### What to produce
The reply should hold only the lines from the one with "for a script." through the end of the data, each given exactly.
━━━
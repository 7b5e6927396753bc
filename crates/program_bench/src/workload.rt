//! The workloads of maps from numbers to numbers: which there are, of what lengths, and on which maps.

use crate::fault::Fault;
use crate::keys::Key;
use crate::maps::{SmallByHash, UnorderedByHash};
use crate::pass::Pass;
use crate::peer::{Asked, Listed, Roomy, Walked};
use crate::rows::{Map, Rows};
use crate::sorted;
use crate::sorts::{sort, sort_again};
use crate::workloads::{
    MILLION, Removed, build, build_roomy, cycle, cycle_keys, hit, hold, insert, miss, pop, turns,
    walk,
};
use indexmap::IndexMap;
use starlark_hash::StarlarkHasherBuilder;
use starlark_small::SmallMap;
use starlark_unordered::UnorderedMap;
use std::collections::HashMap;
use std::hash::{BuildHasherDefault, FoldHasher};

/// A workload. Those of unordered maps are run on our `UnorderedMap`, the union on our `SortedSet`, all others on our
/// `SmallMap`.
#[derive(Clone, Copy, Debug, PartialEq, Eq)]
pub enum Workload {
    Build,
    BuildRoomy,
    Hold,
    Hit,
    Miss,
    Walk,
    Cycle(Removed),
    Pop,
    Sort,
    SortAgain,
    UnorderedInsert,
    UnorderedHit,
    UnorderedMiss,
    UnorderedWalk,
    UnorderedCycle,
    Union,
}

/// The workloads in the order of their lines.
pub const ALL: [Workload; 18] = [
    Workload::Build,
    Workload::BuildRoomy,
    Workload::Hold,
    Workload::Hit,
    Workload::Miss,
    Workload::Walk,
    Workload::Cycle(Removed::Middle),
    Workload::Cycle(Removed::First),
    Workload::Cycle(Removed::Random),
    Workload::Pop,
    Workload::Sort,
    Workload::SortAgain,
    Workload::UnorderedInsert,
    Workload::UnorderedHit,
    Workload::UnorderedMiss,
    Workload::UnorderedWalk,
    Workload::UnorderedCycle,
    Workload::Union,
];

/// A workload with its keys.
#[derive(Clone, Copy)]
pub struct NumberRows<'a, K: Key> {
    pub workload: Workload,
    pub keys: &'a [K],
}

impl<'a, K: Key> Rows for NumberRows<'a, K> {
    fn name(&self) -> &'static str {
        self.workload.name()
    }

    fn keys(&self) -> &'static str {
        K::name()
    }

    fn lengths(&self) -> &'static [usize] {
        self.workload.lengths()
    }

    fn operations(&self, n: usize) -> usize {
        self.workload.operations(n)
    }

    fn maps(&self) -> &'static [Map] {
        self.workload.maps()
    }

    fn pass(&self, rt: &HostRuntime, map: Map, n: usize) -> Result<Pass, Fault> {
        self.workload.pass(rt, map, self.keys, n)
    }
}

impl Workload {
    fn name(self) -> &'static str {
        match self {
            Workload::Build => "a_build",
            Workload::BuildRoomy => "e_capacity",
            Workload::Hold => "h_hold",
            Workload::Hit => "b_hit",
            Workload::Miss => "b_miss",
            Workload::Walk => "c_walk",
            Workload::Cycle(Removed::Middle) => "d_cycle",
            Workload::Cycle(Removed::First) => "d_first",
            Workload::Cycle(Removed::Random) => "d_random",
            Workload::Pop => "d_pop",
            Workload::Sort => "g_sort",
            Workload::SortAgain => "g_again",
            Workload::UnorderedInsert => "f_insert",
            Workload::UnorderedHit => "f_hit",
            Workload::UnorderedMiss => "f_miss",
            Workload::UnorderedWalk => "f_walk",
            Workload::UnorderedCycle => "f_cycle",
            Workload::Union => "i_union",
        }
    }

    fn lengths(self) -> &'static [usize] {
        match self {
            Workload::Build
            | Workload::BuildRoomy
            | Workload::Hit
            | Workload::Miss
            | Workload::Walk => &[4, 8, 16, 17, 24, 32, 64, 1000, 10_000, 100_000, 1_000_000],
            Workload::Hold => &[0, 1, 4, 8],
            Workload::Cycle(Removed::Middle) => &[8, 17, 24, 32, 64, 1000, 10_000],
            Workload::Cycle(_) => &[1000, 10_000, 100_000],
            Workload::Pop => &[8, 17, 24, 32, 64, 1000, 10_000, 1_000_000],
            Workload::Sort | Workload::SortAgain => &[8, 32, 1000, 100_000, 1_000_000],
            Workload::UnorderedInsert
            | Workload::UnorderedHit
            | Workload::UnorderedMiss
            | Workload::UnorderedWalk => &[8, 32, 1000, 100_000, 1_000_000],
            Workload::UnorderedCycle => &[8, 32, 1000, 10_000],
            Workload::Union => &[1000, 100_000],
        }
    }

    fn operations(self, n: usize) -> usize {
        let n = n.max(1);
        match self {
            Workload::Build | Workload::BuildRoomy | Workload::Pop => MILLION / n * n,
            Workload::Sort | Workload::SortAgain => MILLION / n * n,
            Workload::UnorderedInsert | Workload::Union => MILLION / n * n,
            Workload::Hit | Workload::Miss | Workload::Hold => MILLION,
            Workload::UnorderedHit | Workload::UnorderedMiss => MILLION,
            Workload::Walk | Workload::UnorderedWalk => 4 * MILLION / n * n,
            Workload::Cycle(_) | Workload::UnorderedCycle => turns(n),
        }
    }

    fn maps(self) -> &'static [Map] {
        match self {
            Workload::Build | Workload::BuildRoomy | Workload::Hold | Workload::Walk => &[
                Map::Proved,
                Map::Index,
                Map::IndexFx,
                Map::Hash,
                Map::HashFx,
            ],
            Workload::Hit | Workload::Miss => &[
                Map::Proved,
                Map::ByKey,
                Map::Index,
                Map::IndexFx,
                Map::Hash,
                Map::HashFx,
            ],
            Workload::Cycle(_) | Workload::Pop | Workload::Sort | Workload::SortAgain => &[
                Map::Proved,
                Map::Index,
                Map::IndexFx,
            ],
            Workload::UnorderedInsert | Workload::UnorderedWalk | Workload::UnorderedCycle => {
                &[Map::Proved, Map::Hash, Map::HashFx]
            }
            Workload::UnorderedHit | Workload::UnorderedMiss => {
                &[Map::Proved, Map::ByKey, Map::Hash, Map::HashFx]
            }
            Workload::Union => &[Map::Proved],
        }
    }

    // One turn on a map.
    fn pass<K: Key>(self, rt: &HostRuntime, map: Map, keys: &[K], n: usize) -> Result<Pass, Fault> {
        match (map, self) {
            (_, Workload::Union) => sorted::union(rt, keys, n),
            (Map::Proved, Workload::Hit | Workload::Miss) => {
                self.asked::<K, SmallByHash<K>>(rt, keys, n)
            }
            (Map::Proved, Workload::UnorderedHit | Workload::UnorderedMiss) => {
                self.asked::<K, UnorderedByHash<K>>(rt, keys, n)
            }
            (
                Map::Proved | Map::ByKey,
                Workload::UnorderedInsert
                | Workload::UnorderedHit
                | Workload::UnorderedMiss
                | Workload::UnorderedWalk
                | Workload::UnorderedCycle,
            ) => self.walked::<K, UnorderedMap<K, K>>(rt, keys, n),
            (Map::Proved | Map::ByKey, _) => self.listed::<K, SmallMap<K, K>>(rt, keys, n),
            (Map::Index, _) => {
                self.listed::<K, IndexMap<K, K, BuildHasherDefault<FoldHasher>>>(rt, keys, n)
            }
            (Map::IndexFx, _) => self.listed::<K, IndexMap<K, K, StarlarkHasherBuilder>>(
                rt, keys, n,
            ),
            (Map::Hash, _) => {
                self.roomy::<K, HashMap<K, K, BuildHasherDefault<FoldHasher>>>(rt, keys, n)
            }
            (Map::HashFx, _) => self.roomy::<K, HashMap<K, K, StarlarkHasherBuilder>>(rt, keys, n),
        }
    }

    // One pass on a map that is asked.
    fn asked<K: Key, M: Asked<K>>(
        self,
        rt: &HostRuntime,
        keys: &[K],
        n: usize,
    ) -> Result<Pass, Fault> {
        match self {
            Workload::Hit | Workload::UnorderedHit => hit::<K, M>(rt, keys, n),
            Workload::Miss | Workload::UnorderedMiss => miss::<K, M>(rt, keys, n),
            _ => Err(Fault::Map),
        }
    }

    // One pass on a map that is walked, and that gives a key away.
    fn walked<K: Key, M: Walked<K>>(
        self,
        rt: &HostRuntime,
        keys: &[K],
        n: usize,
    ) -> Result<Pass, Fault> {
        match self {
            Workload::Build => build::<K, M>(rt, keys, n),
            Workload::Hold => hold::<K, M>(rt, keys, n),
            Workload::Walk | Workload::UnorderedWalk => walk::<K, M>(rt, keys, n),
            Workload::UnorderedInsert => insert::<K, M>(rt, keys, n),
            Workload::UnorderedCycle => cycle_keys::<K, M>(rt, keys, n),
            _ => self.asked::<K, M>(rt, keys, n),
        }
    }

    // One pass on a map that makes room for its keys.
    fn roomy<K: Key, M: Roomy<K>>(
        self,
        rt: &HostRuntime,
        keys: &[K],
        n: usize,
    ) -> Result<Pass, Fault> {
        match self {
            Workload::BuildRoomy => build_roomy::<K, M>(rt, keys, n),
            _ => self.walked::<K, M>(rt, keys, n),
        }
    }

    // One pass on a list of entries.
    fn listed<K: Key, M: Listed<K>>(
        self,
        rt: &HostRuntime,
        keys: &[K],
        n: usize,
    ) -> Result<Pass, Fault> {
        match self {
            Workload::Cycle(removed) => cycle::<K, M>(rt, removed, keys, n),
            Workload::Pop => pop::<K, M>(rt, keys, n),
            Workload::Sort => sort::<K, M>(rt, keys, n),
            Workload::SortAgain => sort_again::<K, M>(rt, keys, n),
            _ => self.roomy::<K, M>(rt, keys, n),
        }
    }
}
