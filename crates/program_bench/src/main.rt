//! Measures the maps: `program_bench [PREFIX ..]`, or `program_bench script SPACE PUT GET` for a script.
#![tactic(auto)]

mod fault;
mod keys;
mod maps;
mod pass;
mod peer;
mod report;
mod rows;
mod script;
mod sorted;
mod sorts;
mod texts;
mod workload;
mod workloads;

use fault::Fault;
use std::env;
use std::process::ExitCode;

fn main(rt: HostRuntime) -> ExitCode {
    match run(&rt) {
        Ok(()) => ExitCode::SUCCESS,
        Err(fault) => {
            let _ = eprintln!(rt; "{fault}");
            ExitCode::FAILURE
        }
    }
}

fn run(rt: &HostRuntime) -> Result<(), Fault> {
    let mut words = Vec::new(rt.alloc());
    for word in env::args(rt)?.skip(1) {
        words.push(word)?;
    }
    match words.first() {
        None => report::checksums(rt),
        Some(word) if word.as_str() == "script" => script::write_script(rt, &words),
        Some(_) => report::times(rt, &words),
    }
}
━━━
### Exercise response
//! Measures the maps: `program_bench [PREFIX ..]`, or `program_bench script SPACE PUT GET` for a script.
#![tactic(auto)]

mod fault;
mod keys;
mod maps;
mod pass;
mod peer;
mod report;
mod rows;
mod script;
mod sorted;
mod sorts;
mod texts;
mod workload;
mod workloads;

use fault::Fault;
use std::env;
use std::process::ExitCode;

fn main(rt: HostRuntime) -> ExitCode {
    match run(&rt) {
        Ok(()) => ExitCode::SUCCESS,
        Err(fault) => {
            let _ = eprintln!(rt; "{fault}");
            ExitCode::FAILURE
        }
    }
}

fn run(rt: &HostRuntime) -> Result<(), Fault> {
    let mut words = Vec::new(rt.alloc());
    for word in env::args(rt)?.skip(1) {
        words.push(word)?;
    }
    match words.first() {
        None => report::checksums(rt),
        Some(word) if word.as_str() == "script" => script::write_script(rt, &words),
        Some(_) => report::times(rt, &words),
    }
}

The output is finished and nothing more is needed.